2.- A sentence is therefore incongruous, like the Civil Chamber (for all, sentences 604/2019, of November 12, and 31/2020, of January 21), if it grants more than what was requested (ultra petita ), pronounces itself on certain matters regardless of what is requested by the parties (extra petita), some of the claims sustained by the parties are left unanswered and unresolved (citra petita), as long as judicial silence cannot reasonably be interpreted as implied dismissal of the deducted claim. Being perfectly valid that it gives less than what was requested (infra petitum), which does not constitute an inconsistency violation, unless it gave less than what was admitted by the defendant.
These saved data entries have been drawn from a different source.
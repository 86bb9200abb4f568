// `cabinet`: makes the files of a test from a table (`Text`: length, mode and bytes). `changes_of`: which bytes of files differ
// from their beginning, each as a `Change` (file, offset, value).

ghost use Rattle.std.specs.Prelude.{◌≡◌};
ghost use Rattle.process_model.specs.Files.{fits_file};

use file_cabinet::Cabinet;
use process_model::{Bytes, FileText};
use std::alloc::{AllocError, Global};
use std::test::Fail;

/// A file: its length in bytes, whether it is writable, how many of its bytes are declared (zeros follow), and their values: the
/// first one, and after how many bytes the next higher value comes, with 0 after 255.
pub(crate) type Text = (usize, bool, usize, u8, usize);

/// A byte of a file that differs from the beginning: the number of the file, the byte's offset, and its value.
pub(crate) type Change = (usize, usize, u8);

/// The byte of a declared file at offset `place` in the beginning.
fn byte_at(text: Text, place: usize) -> u8 {
    let (_, _, _, first, every) = text;
    first.wrapping_add((place / every.max(1) % 256) as u8)
}

fn declared(alloc: Global, text: Text) -> Result<FileText, AllocError> {
    let mut bytes = Vec::new(alloc);
    for place in 0..text.2 {
        bytes.push(byte_at(text, place))?;
    }
    Ok(FileText {
        length: text.0,
        writable: text.1,
        bytes: Bytes::from_vec(bytes),
    })
}

/// Whether a file has at most 65,536 bytes, and declares no more bytes than its length.
fn fits(text: &FileText) -> bool
    ensures { result ≡ fits_file text.now }
{
    text.length <= 65_536 && text.bytes.as_slice().len() <= text.length
}

/// A cabinet of these files.
///
/// # Errors
/// `Fail`: there are more than 16 files, one does not fit (`fits`), or the host is out of memory.
pub(crate) fn cabinet(alloc: Global, table: &[Text]) -> Result<Cabinet, Fail> {
    let mut texts = Vec::new(alloc);
    for number in 0..table.len() {
        texts.push(declared(alloc, table[number])?)?;
    }
    if texts.len() > 16 || !texts.iter().all(fits) {
        return Err(Fail::from("too large"));
    }
    Ok(Cabinet::new(alloc, &texts)?)
}

/// The bytes of files that differ from their beginning. A file whose length differs adds a change at its length, with value 0.
///
/// # Errors
/// `AllocError`: the host is out of memory.
pub(crate) fn changes_of(
    alloc: Global,
    files: &Cabinet,
    table: &[Text],
) -> Result<Vec<Change>, AllocError> {
    let mut changes = Vec::new(alloc);
    for file in 0..table.len() {
        let bytes = files.bytes(file).unwrap_or_default();
        for place in 0..bytes.len() {
            if bytes[place] != byte_at(table[file], place) {
                changes.push((file, place, bytes[place]))?;
            }
        }
        if bytes.len() != table[file].0 {
            changes.push((file, bytes.len(), 0))?;
        }
    }
    Ok(changes)
}
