// Struct `SettledPage`: a settled page (one in memory) with its frame, its copy-on-write mark (the next store takes it over
// first) and D; and calls of `Space` that find such pages by their leaves: `settled_page` one page, `next_settled` the first of
// a range, and `next_settled_with_last` one after another, with one walk for those of one page table.

ghost use Rattle.std.specs.FinMap.{get};
ghost use Rattle.std.specs.Prelude.{◌≡◌, ◌<◌, ◌≤◌, ℕ, IfSome, IsSome, Some};
ghost use Rattle.address_space.specs.Agreement.{body_of, no_extra};
ghost use Rattle.address_space.specs.Kept.{OnlyReads};
ghost use Rattle.address_space.specs.SettledLists.{IsNextSettled, IsSettled};
ghost use Rattle.address_space.specs.SpaceTeardown.{IsFirstLeaf};
ghost use Rattle.address_space.specs.SpacesInCalls.{IsSpaceInCall};
ghost use Rattle.frame_store.specs.Laws.{IsSeatOf, KeepsSeats};
ghost use Rattle.process_model.specs.Process.{Process};
ghost use Rattle.sv39_entry.specs.Frame.{frame_at};
ghost use Rattle.sv39_entry.specs.Word as word;
ghost use Rattle.sv39_entry.specs.Schemes.{trapframe_page};
ghost use Rattle.table_walk.specs.LastTables.{IsLastTable};
ghost use Rattle.table_walk.specs.Tables.{HasTables, Tables, walk_leaf};

use crate::space::Space;
use frame_store::{FrameAccess, FrameSeat};
use sv39_entry::{Entry, EntryFlags, FrameNo, Scheme, Va, Vpn};
use table_walk::{LastTable, leaf_of, leaf_with_last, next_leaf_before};

/// A settled page: its number, its frame, whether it has the copy-on-write mark, and whether its leaf has D (RISC-V Privileged
/// Architecture 20211203, 4.3.1). In a shared mapping that grants writing D is the dirty mark; in any other region that
/// grants writing it is set.
#[derive(Clone, Copy)]
pub struct SettledPage {
    pub page: Vpn,
    pub frame: FrameNo,
    pub cow: bool,
    pub dirty: bool,
}

/// Filler for an unused place of a fixed-size list.
impl Default for SettledPage {
    ghost use Rattle.address_space.specs.SettledLists.{no_page};

    ghost is_default = { λ x. x ≡ no_page };

    fn default() -> SettledPage {
        SettledPage {
            page: Va(0).page(),
            frame: FrameNo(0),
            cow: false,
            dirty: false,
        }
    }
}

impl<S: FrameSeat> Space<S> {
    /// Returns `page` with its frame and marks if it is settled, else `None`. `page` must be below TRAPFRAME. The seat may
    /// have credits.
    pub fn settled_page<F: FrameAccess<Seat = S>>(
        &mut self,
        store: &mut F,
        page: Vpn,
    ) -> Option<SettledPage>
        requires fits { IsSeatOf F.invariant store.old self.old.seat }
        requires ready { (t : Tables) × (p : Process) × IsSpaceInCall (body_of S.view self.old) t p no_extra }
        requires low { page < trapframe_page self.old.layout.scheme }
        ensures page { (t : Tables) (p : Process) → IsSpaceInCall (body_of S.view self.old) t p no_extra → IsSettled t p page result }
        ensures reads { OnlyReads S.view self.old self.new store.old store.new }
        ensures keeps { KeepsSeats F.invariant store.old self.old.seat store.new self.new.seat }
    {
        let scheme = self.layout.scheme();
        let leaf = leaf_of(store, &mut self.seat, scheme, self.root, page)?;
        Some(settled_by(page, leaf))
    }

    /// Returns the first settled page with a number from `first` up to, and without, `end`, with its frame and marks;
    /// `None` if there is none. `end` is TRAPFRAME or below. Finds it by the leaves that exist, not page by page. The seat
    /// may have credits.
    pub fn next_settled<F: FrameAccess<Seat = S>>(
        &mut self,
        store: &mut F,
        first: u64,
        end: Vpn,
    ) -> Option<SettledPage>
        requires fits { IsSeatOf F.invariant store.old self.old.seat }
        requires ready { (t : Tables) × (p : Process) × IsSpaceInCall (body_of S.view self.old) t p no_extra }
        requires low { end ≤ trapframe_page self.old.layout.scheme }
        ensures page { (t : Tables) (p : Process) → IsSpaceInCall (body_of S.view self.old) t p no_extra → IsNextSettled t p first end result }
        ensures reads { OnlyReads S.view self.old self.new store.old store.new }
        ensures keeps { KeepsSeats F.invariant store.old self.old.seat store.new self.new.seat }
    {
        let mut last = None;
        self.next_settled_with_last(store, first, end, &mut last)
    }

    /// `next_settled`, for a caller that goes on from page to page: `last` must be `None` or have been set by such a call for
    /// this space, of which no page table may have been released since. The settled page after another in one page table is
    /// found without a walk.
    #[inline(always)]
    pub fn next_settled_with_last<F: FrameAccess<Seat = S>>(
        &mut self,
        store: &mut F,
        first: u64,
        end: Vpn,
        last: &mut Option<LastTable>,
    ) -> Option<SettledPage>
        requires fits { IsSeatOf F.invariant store.old self.old.seat }
        requires ready { (t : Tables) × (p : Process) × IsSpaceInCall (body_of S.view self.old) t p no_extra × IsLastTable p.scheme t last.old }
        requires low { end ≤ trapframe_page self.old.layout.scheme }
        ensures page { (t : Tables) (p : Process) → IsSpaceInCall (body_of S.view self.old) t p no_extra → IsLastTable p.scheme t last.old
            → IsNextSettled t p first end result }
        ensures kept { (t : Tables) (p : Process) → IsSpaceInCall (body_of S.view self.old) t p no_extra → IsLastTable p.scheme t last.old
            → IsLastTable p.scheme t last.new }
        ensures reads { OnlyReads S.view self.old self.new store.old store.new }
        ensures keeps { KeepsSeats F.invariant store.old self.old.seat store.new self.new.seat }
    {
        let from = Vpn::new(first)?;
        let (page, leaf) = self.next_leaf(store, from, end, last)?;
        Some(settled_by(page, leaf))
    }

    /// `next_settled_with_last` from a page on, with the settled page's leaf in place of what it says. So a `SettledPage` is
    /// made where it is used. One that is passed on through memory has its small fields written one by one and read as one
    /// word, and a processor waits there for the writes.
    #[inline(always)]
    fn next_leaf<F: FrameAccess<Seat = S>>(
        &mut self,
        store: &mut F,
        first: Vpn,
        end: Vpn,
        last: &mut Option<LastTable>,
    ) -> Option<(Vpn, Entry)>
        requires fits { IsSeatOf F.invariant store.old self.old.seat }
        requires ready { (t : Tables) × (p : Process) × IsSpaceInCall (body_of S.view self.old) t p no_extra × IsLastTable p.scheme t last.old }
        requires low { end ≤ trapframe_page self.old.layout.scheme }
        ensures leaf { (t : Tables) (p : Process) → IsSpaceInCall (body_of S.view self.old) t p no_extra → IsLastTable p.scheme t last.old
            → IsFirstLeaf t p first end result }
        ensures kept { (t : Tables) (p : Process) → IsSpaceInCall (body_of S.view self.old) t p no_extra → IsLastTable p.scheme t last.old
            → IsLastTable p.scheme t last.new }
        ensures reads { OnlyReads S.view self.old self.new store.old store.new }
        ensures keeps { KeepsSeats F.invariant store.old self.old.seat store.new self.new.seat }
    {
        let scheme = self.layout.scheme();
        if let Some(leaf) = leaf_before(
            store,
            &mut self.seat,
            scheme,
            self.root,
            first,
            end.number(),
            last,
        ) {
            return Some((first, leaf));
        }
        self.search_leaf(store, first, end)
    }

    /// `next_leaf` by a search through the page tables. Stops where the process's regions end.
    #[inline(never)]
    fn search_leaf<F: FrameAccess<Seat = S>>(
        &mut self,
        store: &mut F,
        first: Vpn,
        end: Vpn,
    ) -> Option<(Vpn, Entry)>
        requires fits { IsSeatOf F.invariant store.old self.old.seat }
        requires ready { (t : Tables) × (p : Process) × IsSpaceInCall (body_of S.view self.old) t p no_extra }
        requires low { end ≤ trapframe_page self.old.layout.scheme }
        ensures leaf { (t : Tables) (p : Process) → IsSpaceInCall (body_of S.view self.old) t p no_extra → IsFirstLeaf t p first end result }
        ensures reads { OnlyReads S.view self.old self.new store.old store.new }
        ensures keeps { KeepsSeats F.invariant store.old self.old.seat store.new self.new.seat }
    {
        let scheme = self.layout.scheme();
        let end = end.number().min(self.layout.end());
        next_leaf_before(store, &mut self.seat, scheme, self.root, first, end)
    }
}

/// Returns the leaf of a page that is below `end`, `None` if it has none or is not below. `last` is as for `leaf_with_last`.
#[inline(always)]
fn leaf_before<F: FrameAccess>(
    store: &mut F,
    seat: &mut F::Seat,
    scheme: Scheme,
    root: FrameNo,
    page: Vpn,
    end: u64,
    last: &mut Option<LastTable>,
) -> Option<Entry>
    requires fits { IsSeatOf F.invariant store.old seat.old }
    requires held { (t : Tables) × HasTables scheme (F.Seat.view seat.old) root.0 t × IsLastTable scheme t last.old }
    ensures leaf { (t : Tables) → HasTables scheme (F.Seat.view seat.old) root.0 t → IsLastTable scheme t last.old
        → IfSome result (λ leaf. (page < end) × (get t.leaves (walk_leaf scheme page) ≡ Some leaf)) }
    ensures kept { (t : Tables) → HasTables scheme (F.Seat.view seat.old) root.0 t → IsLastTable scheme t last.old → IsLastTable scheme t last.new }
    ensures view { F.Seat.view seat.new ≡ F.Seat.view seat.old }
    ensures same { store.new ≡ store.old }
    ensures keeps { KeepsSeats F.invariant store.old seat.old store.new seat.new }
{
    if page.number() < end {
        leaf_with_last(store, seat, scheme, root, page, last)
    } else {
        None
    }
}

/// Returns what the leaf of a page says: its frame, copy-on-write mark and D.
fn settled_by(page: Vpn, leaf: Entry) -> SettledPage
    requires { IsSome (frame_at (word.ppn leaf)) }
    ensures page { result.page ≡ page }
    ensures frame { frame_at (word.ppn leaf) ≡ Some result.frame }
    ensures cow { result.cow ≡ word.has_flag leaf 256 }
    ensures dirty { result.dirty ≡ word.has_flag leaf 128 }
{
    let Some(frame) = FrameNo::from_ppn(leaf.ppn()) else {
        unreachable!()
    };
    SettledPage {
        page,
        frame,
        cow: leaf.has(EntryFlags::COW),
        dirty: leaf.has(EntryFlags::DIRTY),
    }
}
3.- In short, the judgment on the consistency of the judicial resolution requires the confrontation between its operative part (dictum) and the object of the process, delimited, in turn, by the subjective elements of the process, the parties, as well as by the objective elements (the cause for requesting), understood as the fact or set of facts that produce legal effects and are essential for the achievement of the requested claims, and the petitum or requested claim itself (judgment of June 13, 2005). In this way, consistency is not measured in relation to the reasoning or argumentation, but by relating what is claimed in the lawsuit with the operative part of the sentence (for all, sentence 294/2012, of May 18).


4.-As this court declared in judgment 91/2006, of February 10, citing previous ones: "the cause for requesting is made up of the set of essential facts for achieving the legal consequence sought by the plaintiff (judgment of May 3, 2000 [RJ 2000, 3191]) [...] "The judgment of December 31, 1998 (RJ 1998, 9768) affirms that "docrinally and correctly the cause of requesting , as that legally relevant factual situation and susceptible, therefore, to receive by the competent judicial body, the legal protection requested.From this definition it follows the existence of the elements, whose identity is precise, such as a) a certain "factum" and b) a determined legal consequence in which the facts are subsumed".